I dont think that asking a "welder or a fabricator" is the person to ask about body fillers ---> its the people who have to paint them fabricated parts of metal who really knows about that ... Ask a painter about what is needed for a really good finish on anything... 

--- Hope that helps you out ....... BOB_T


----------



## the_cat -- BANNED (Dec 19, 2002)

i think you helped out half the people on here. thanks bob :thumbsup:


----------



## socios b.c. prez (Sep 18, 2003)

> _Originally posted by STREET SWEEPAZ_@Feb 25 2004, 11:52 PM
> ****** HOLD ON THERE ........ I Will fill you guys in ......
> 
> 
> ...


 Thanks for clearing that up. :biggrin:


----------



## MexicanoAIR (Nov 16, 2003)

so let me ask you this...is it ok to put a filler over top of another filler or will it crack? because i got some metal filler on my bike right now and i would like to put bondo over top of that...then glazing putty.....would that would ok what? thanks...... :uh:


----------



## Swingin80Lincoln (Feb 17, 2003)

that will be ok. metal filler is good for the first rough coat/shaping then you can go with a regular plastic filler(bondo) and finish up with a skim coat of glazing putty. not that red shit in a tube, but Metal Glaze by evercoat, its in a plasic bottle thats like an accordian on top. kinda expensive, but good stuff.


----------



## STREET SWEEPAZ (Feb 7, 2003)

> _Originally posted by MexicanoAIR_@Feb 26 2004, 05:04 PM
> *so let me ask you this...is it ok to put a filler over top of another filler or will it crack? because i got some metal filler on my bike right now and i would like to put bondo over top of that...then glazing putty.....would that would ok what? thanks...... :uh:*


 You sure can .... It all works together ..... 
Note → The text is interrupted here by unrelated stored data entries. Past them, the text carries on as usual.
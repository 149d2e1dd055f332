// A job's sheet, written.
ghost use Rattle.std.specs.Prelude.{◌≡◌, length};
ghost use Rattle.list_laws.specs.Front.{over};
ghost use Rattle.refusals.specs.Answers.{left};
ghost use Rattle.job_sheet.specs.Sheets.{sheet_length};
ghost use Rattle.job_sheet_bytes.specs.Jobs.{given, sheet_of};
ghost use Rattle.job_sheet_writer.specs.Writes.{sheet_refusal};

use c_answers::tell_number;
use job_sheet_writer::sheet_write;

// As `job_sheet_writer::sheet_write`, the sheet's length in `bytes`; where the call is refused, that keeps what it held.
#[unsafe(no_mangle)]
pub extern "C" fn copperhook_sheet_write(
    n: usize,
    floor: usize,
    a: &[usize],
    b: &[usize],
    m: &[f64],
    us: &[usize],
    vs: &[usize],
    betas: &[f64],
    sheet: &mut [u8],
    bytes: &mut usize,
) -> usize
    ensures value { result ≡ sheet_refusal n floor a.now b.now m.now us.now vs.now betas.now
        (length sheet.old) }
    ensures sheet_after { sheet.new ≡ left result (over (sheet_of (given n floor a.now b.now m.now us.now vs.now
        betas.now)) sheet.old) sheet.old }
    ensures bytes_after { bytes.new ≡ left result (sheet_length (length a.now) (length betas.now) (length us.now))
        bytes.old }
{
    let answer = sheet_write(n, floor, a, b, m, us, vs, betas, sheet);
    tell_number(answer, bytes)
}
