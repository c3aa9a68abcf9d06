//! The text of `cost`: how many operations and clocks a scene takes.
ghost use Rattle.std.specs.Prelude.{◌≡◌};
ghost use Rattle.px_commands.specs.CostText.{cost_text};

use arrayvec::ArrayString;
use itoa::Buffer;

/// A line for the operations of the passes, and one for their clocks (docs/SCENES.md, "Commands").
#[tactic(auto, unfolding(crate::specs::CostText::cost_text))]
pub fn cost_text(operations: u64, clocks: u64) -> ArrayString<128>
    ensures { result.bytes ≡ cost_text operations clocks }
{
    let mut digits = Buffer::new();
    let mut text = ArrayString::new();
    text.push_str("macros ");
    text.push_str(digits.format(operations));
    text.push_str("\nclocks ");
    text.push_str(digits.format(clocks));
    text.push_str("\n");
    text
}
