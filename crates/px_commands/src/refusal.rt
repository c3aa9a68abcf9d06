//! Why a text is refused, or what it asks of an array.
ghost use Rattle.std.specs.Prelude.{◌≡◌};
ghost use Rattle.px_commands.specs.Refusals.{too_long};

use px_listing::ListKind;
use px_scene::{Cause, LimitKind};
use px_text::MAX_TEXT_BYTES;

/// One byte more than a text may have.
pub const READ_LIMIT: usize = MAX_TEXT_BYTES + 1;

/// Why a text is refused (docs/SCENES.md, "Refusals").
#[derive(Clone, Copy)]
pub enum Refusal {
    /// The words of a line are bad, or lines are missing.
    Malformed { line: u32, cause: Cause },
    /// A number or a count passes its limit; the line is 0 where it is not one line's.
    Limit { line: u32, kind: Kind, found: i64 },
}

/// Which limit is passed.
#[derive(Clone, Copy)]
pub enum Kind {
    /// One of those of scenes.
    Scene(LimitKind),
    /// The lights of a scene.
    Lights,
    /// The tiles of a wide picture.
    Tiles,
    /// One of those of listings.
    List(ListKind),
}

/// The refusal of a text that has more bytes than it may have.
pub fn too_long() -> Refusal
    ensures { result ≡ too_long }
{
    Refusal::Limit {
        line: 0,
        kind: Kind::Scene(LimitKind::Text),
        found: READ_LIMIT as i64,
    }
}
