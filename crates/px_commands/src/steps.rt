//! The steps that commands share: each gives what it finds, or its own fault.
ghost use Rattle.std.specs.Prelude.{◌≡◌, ◌≤◌, IfErr, IfOk, OnErr, OnOk, None, drop, length, true};
ghost use Rattle.std.specs.Io.KnownBytes.{Appends, Consumes};
ghost use Rattle.px_io.specs.Counts.{HasCause};
ghost use Rattle.px_io.specs.Reports.{ConsumesAtMost, IsFrontOf, TakesFront, Tells};
ghost use Rattle.px_array.specs.Slots.{IsRunOnce};
ghost use Rattle.px_scene.specs.Reading.{scene_of};
ghost use Rattle.px_scene.specs.Text.{worded};
ghost use Rattle.px_prune.specs.Kept.{crowd_of, plan_of};
ghost use Rattle.px_sched.specs.Layouts.{layout_of};
ghost use Rattle.px_control.specs.Program.{IsAt};
ghost use Rattle.px_commands.specs.Arrays.{Draws};
ghost use Rattle.px_commands.specs.Outcomes.{Outcome, drawable, unless_refused, within_products};
ghost use Rattle.px_commands.specs.Refusals.{text_refusal};
ghost use Rattle.px_commands.specs.Results.{status_of};
ghost use Rattle.px_commands.specs.Inputs.{IsRestBehind};
ghost use Rattle.px_commands.specs.Stops.{IsReadCause, StopsAt, stopped};

use crate::refusal::READ_LIMIT;
use crate::stop::{SceneStop, job_stop, products_stop};
use px_array::Array;
use px_control::Job;
use px_io::{Failed, ReadError, Sink, Source, read_whole, write_whole};
use px_normal::MAX_PRODUCTS;
use px_prune::{Plan, plan_of};
use px_scene::{Scene, read_scene};
use px_sched::Layout;
use std::alloc::Global;

/// The input to its end, or to one byte past the limit of a text.
pub fn read_text<S: Source>(alloc: Global, input: &mut S) -> Result<Vec<u8>, ReadError>
    ensures front { IfOk result (λ v. IsFrontOf (S.rest input.old) READ_LIMIT v.items) }
    ensures taken { IfOk result (λ v. Consumes (S.rest input.old) (S.rest input.new) v.items) }
    ensures rest { OnOk result (IsRestBehind (S.rest input.old) (S.rest input.new)) }
    ensures most { ConsumesAtMost (S.rest input.old) (S.rest input.new) READ_LIMIT }
    ensures calm { OnOk result (S.faults input.new ≡ S.faults input.old) }
    ensures err { IfErr result (λ fault.
        IsReadCause fault (S.faults input.old) (S.faults input.new)) }
{
    read_whole(alloc, input, READ_LIMIT)
}

/// The scene that a text writes.
pub fn scene_in(alloc: Global, text: &[u8]) -> Result<Scene, SceneStop>
    ensures ok { IfOk result (λ scene.
        (text_refusal text.now ≡ None) × (scene ≡ scene_of (worded text.now))) }
    ensures err { IfErr result (λ stop. StopsAt (unless_refused (text_refusal text.now)) stop) }
{
    read_scene(alloc, text).map_err(SceneStop::from)
}

/// Opens the array for a scene.
pub fn open_job<'s, A: Array>(
    alloc: Global,
    scene: &'s Scene,
    array: &mut A,
) -> Result<Job<'s>, SceneStop>
    ensures job { IfOk result (λ job. (job.scene ≡ scene.now) × (job.place.clock ≡ 0)) }
    ensures at { OnOk result (IsAt A.BITS scene.now 0 (A.view array.new).device) }
    ensures work { OnOk result ((A.view array.new).work ≡ 0) }
    ensures once { OnOk result (IsRunOnce (A.view array.new)) }
    ensures fits { OnOk result ((o : Outcome) → drawable A.BITS scene.now o ≡ o) }
    ensures err { IfErr result (λ stop. StopsAt (drawable A.BITS scene.now) stop) }
    ensures array { IfErr result (λ stop. Draws (status_of (stopped stop)) A.BITS scene.now
        (A.view array.old) (A.view array.new)) }
{
    Job::open(alloc, scene, array).map_err(job_stop)
}

/// Where the passes of a scene keep their numbers, and the products that they draw, where pixels of
/// so many bits can hold them.
pub fn drawing_of(alloc: Global, scene: &Scene, bits: u32) -> Result<(Layout, Plan), SceneStop>
    ensures layout { IfOk result (λ found. found.0 ≡ layout_of scene.now) }
    ensures kept { IfOk result (λ found. found.1.products.items ≡ plan_of scene.now) }
    ensures few { OnOk result (length (plan_of scene.now) ≤ MAX_PRODUCTS) }
    ensures fits { OnOk result ((o : Outcome) → drawable bits scene.now o ≡ o) }
    ensures err { IfErr result (λ stop. StopsAt (drawable bits scene.now) stop) }
{
    px_control::drawing_of(alloc, scene, bits).map_err(job_stop)
}

/// The products that can show anything, where no wanted list is past the limit.
pub fn kept_of(alloc: Global, scene: &Scene) -> Result<Plan, SceneStop>
    ensures kept { IfOk result (λ plan. plan.products.items ≡ plan_of scene.now) }
    ensures few { IfOk result (λ plan. length plan.products.items ≤ MAX_PRODUCTS) }
    ensures fits { OnOk result (crowd_of scene.now ≡ None) }
    ensures err { IfErr result (λ stop. StopsAt (within_products scene.now) stop) }
{
    plan_of(alloc, scene).map_err(products_stop)
}

pub fn write_finished<O: Sink>(bytes: &[u8], out: &mut O) -> Result<(), Failed>
    ensures ok { OnOk result (Appends (O.state out.old).written (O.state out.new).written bytes.now) }
    ensures end { OnOk result (Tells (O.state out.new).finished true) }
    ensures err { OnErr result (TakesFront (O.state out.old) (O.state out.new) bytes.now) }
    ensures cause { HasCause (O.state out.old).faults (O.state out.new).faults result }
{
    write_whole(out, bytes)?;
    out.finish()
}

pub fn behind(bytes: &[u8], count: usize) -> &[u8]
    requires { count ≤ length bytes.now }
    ensures { result.now ≡ drop count bytes.now }
{
    &bytes[count..]
}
-- I start out with Fiberglass resin & cloth -- for strength ...

Then I follow up with Long strand Fiberglass reinforced filler ..

You can used short strand fiberglass for added strength or you can use a regular bondo/ filler...

You use glazing putty after that because it is more spreadable & easier to sand with light grit sand paper......

Then if your picky -- You use a spot putty for pinholes & small sratches...

------ My nick name used to be Bondo BOB......... :0


----------



## STREET SWEEPAZ (Feb 7, 2003)

You have to sand inbetween each layer tho to get good adhesion of the succeeding layers of fillers....... It makes it stronger too .... Dont just glob it all on at once... Its like a hockey sticks & skate boards -- they are strong because of the layers....


----------